Excerpts from a dataset
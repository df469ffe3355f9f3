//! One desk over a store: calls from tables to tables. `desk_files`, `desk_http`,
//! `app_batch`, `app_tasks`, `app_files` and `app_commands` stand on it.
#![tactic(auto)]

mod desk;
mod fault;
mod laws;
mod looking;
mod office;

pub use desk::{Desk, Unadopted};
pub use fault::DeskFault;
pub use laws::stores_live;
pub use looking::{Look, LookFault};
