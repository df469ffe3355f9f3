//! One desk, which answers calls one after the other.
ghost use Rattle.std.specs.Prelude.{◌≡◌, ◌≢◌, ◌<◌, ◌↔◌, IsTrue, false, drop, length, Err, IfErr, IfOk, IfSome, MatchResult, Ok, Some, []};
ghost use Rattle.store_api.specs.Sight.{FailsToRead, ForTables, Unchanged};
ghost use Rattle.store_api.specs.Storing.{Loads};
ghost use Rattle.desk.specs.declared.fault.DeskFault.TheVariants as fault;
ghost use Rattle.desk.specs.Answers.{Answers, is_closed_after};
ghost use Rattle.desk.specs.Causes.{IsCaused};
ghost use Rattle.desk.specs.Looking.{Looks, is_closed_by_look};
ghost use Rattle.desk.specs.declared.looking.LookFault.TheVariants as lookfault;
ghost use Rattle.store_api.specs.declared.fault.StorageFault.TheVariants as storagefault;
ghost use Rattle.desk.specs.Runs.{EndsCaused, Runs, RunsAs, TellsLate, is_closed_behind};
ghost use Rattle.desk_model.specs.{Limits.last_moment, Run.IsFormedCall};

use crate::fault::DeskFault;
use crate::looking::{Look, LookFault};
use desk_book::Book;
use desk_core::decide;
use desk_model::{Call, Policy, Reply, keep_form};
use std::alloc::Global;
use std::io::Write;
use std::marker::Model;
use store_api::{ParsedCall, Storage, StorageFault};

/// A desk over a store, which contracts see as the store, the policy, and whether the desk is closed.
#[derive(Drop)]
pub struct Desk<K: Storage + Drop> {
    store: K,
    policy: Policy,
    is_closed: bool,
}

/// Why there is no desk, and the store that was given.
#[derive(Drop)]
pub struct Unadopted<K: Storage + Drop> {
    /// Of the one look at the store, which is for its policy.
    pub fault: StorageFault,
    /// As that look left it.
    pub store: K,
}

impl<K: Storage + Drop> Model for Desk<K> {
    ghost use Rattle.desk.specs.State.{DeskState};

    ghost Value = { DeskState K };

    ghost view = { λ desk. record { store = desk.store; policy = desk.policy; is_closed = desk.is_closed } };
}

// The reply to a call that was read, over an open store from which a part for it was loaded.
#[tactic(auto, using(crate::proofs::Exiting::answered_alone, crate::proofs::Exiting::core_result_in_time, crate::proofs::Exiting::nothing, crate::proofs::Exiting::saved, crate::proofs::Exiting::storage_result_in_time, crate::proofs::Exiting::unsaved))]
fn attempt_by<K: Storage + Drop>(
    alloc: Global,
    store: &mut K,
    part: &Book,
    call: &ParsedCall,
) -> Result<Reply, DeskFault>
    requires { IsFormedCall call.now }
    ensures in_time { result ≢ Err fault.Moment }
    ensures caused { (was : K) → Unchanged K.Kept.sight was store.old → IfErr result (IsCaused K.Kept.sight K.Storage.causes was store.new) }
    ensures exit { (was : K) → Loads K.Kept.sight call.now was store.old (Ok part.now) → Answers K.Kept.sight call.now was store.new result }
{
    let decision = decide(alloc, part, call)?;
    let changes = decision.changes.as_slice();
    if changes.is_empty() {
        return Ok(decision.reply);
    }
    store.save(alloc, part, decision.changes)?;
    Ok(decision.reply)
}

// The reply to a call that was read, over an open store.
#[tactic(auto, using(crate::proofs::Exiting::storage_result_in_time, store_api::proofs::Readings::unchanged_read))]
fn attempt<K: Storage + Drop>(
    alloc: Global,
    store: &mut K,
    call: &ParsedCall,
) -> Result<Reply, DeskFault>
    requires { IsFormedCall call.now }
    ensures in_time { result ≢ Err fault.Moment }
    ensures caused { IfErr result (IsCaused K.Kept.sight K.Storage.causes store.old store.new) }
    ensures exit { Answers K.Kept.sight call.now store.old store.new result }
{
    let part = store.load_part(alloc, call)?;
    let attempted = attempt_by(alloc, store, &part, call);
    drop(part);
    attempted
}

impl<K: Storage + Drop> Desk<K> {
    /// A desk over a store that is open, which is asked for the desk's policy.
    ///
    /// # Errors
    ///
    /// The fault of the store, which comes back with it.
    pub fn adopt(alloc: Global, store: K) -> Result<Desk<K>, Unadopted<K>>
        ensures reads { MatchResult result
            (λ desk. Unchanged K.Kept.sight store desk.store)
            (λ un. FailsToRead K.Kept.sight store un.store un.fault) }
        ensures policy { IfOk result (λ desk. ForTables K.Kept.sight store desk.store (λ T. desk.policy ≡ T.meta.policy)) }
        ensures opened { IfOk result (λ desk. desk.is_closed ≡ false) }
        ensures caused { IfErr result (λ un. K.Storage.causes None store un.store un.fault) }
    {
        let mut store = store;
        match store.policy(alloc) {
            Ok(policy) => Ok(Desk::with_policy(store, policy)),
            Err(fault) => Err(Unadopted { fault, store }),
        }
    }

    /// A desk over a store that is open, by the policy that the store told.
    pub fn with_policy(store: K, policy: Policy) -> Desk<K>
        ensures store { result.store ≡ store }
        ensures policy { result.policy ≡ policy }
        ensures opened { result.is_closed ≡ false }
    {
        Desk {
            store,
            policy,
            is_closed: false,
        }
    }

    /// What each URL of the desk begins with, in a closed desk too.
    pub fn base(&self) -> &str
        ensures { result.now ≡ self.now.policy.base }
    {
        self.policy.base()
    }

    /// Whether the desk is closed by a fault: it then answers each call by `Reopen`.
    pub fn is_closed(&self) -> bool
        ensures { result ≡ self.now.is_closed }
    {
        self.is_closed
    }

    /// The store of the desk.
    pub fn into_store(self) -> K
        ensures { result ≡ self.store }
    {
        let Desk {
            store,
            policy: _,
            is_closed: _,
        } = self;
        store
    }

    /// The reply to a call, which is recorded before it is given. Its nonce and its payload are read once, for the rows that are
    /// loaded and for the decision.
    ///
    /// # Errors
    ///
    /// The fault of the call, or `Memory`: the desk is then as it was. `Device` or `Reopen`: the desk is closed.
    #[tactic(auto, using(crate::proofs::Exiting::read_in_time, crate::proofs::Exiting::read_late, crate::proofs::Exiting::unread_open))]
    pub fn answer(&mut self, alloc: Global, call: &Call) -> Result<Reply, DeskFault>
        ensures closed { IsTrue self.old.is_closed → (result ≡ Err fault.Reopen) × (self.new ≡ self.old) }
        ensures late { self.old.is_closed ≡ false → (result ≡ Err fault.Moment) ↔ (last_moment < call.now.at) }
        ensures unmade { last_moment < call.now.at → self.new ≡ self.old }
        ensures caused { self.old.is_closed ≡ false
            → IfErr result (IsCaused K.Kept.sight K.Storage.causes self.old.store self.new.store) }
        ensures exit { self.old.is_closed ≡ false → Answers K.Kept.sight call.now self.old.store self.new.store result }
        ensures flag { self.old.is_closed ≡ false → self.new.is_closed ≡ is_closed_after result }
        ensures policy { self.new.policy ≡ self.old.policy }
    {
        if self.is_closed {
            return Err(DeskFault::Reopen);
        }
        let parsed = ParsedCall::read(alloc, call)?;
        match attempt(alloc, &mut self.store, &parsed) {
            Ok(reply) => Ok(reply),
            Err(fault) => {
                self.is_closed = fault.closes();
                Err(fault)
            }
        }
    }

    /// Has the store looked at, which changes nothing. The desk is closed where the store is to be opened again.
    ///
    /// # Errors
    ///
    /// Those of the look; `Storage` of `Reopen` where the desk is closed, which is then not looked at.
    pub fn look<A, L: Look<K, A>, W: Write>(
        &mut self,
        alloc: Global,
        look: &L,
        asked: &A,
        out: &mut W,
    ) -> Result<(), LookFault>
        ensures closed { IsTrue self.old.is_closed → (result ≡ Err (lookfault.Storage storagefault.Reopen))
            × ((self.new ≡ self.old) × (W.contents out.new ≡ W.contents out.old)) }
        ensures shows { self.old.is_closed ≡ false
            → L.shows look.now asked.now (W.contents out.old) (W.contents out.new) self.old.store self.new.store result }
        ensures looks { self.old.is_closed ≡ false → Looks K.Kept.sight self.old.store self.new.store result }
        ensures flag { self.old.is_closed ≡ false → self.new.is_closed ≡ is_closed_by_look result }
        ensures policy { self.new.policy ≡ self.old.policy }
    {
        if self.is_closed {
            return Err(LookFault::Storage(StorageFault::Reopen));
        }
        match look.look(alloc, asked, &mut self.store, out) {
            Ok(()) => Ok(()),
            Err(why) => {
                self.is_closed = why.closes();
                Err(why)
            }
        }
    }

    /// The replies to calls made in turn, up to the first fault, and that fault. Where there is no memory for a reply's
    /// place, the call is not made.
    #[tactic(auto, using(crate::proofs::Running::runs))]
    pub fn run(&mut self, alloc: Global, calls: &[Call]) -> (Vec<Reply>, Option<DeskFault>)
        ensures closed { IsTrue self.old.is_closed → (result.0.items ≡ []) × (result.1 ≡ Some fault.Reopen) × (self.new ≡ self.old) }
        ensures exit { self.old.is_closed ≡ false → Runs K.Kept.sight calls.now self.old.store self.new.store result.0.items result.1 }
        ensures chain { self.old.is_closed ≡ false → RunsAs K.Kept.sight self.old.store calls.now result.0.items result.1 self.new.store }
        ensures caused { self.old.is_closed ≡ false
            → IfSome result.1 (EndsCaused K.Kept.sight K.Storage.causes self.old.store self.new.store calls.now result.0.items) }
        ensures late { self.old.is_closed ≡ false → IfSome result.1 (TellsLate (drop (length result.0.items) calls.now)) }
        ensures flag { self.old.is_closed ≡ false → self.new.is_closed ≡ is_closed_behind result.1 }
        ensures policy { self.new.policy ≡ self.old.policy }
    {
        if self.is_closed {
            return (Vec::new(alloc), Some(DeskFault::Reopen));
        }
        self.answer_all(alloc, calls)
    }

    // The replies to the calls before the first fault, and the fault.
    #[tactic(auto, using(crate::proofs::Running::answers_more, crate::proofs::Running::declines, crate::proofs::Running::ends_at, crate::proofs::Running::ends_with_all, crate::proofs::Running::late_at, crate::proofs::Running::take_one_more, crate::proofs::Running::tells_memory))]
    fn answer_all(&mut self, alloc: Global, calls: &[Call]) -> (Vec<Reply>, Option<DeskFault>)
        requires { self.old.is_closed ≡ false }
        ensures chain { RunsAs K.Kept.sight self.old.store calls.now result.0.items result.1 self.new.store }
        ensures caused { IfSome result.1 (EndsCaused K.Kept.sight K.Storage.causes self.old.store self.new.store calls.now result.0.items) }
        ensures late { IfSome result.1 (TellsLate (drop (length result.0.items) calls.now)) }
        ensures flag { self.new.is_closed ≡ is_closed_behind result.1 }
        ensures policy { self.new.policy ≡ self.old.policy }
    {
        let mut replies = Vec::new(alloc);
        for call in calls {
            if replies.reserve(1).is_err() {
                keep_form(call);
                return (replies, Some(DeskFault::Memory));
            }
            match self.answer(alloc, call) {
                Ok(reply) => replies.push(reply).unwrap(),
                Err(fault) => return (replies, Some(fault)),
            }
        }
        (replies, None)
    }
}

- What is being asked: From the records above, return each line where "ForTables" occurs.

- Response for this exercise:
ghost use Rattle.store_api.specs.Sight.{FailsToRead, ForTables, Unchanged};
        ensures policy { IfOk result (λ desk. ForTables K.Kept.sight store desk.store (λ T. desk.policy ≡ T.meta.policy)) }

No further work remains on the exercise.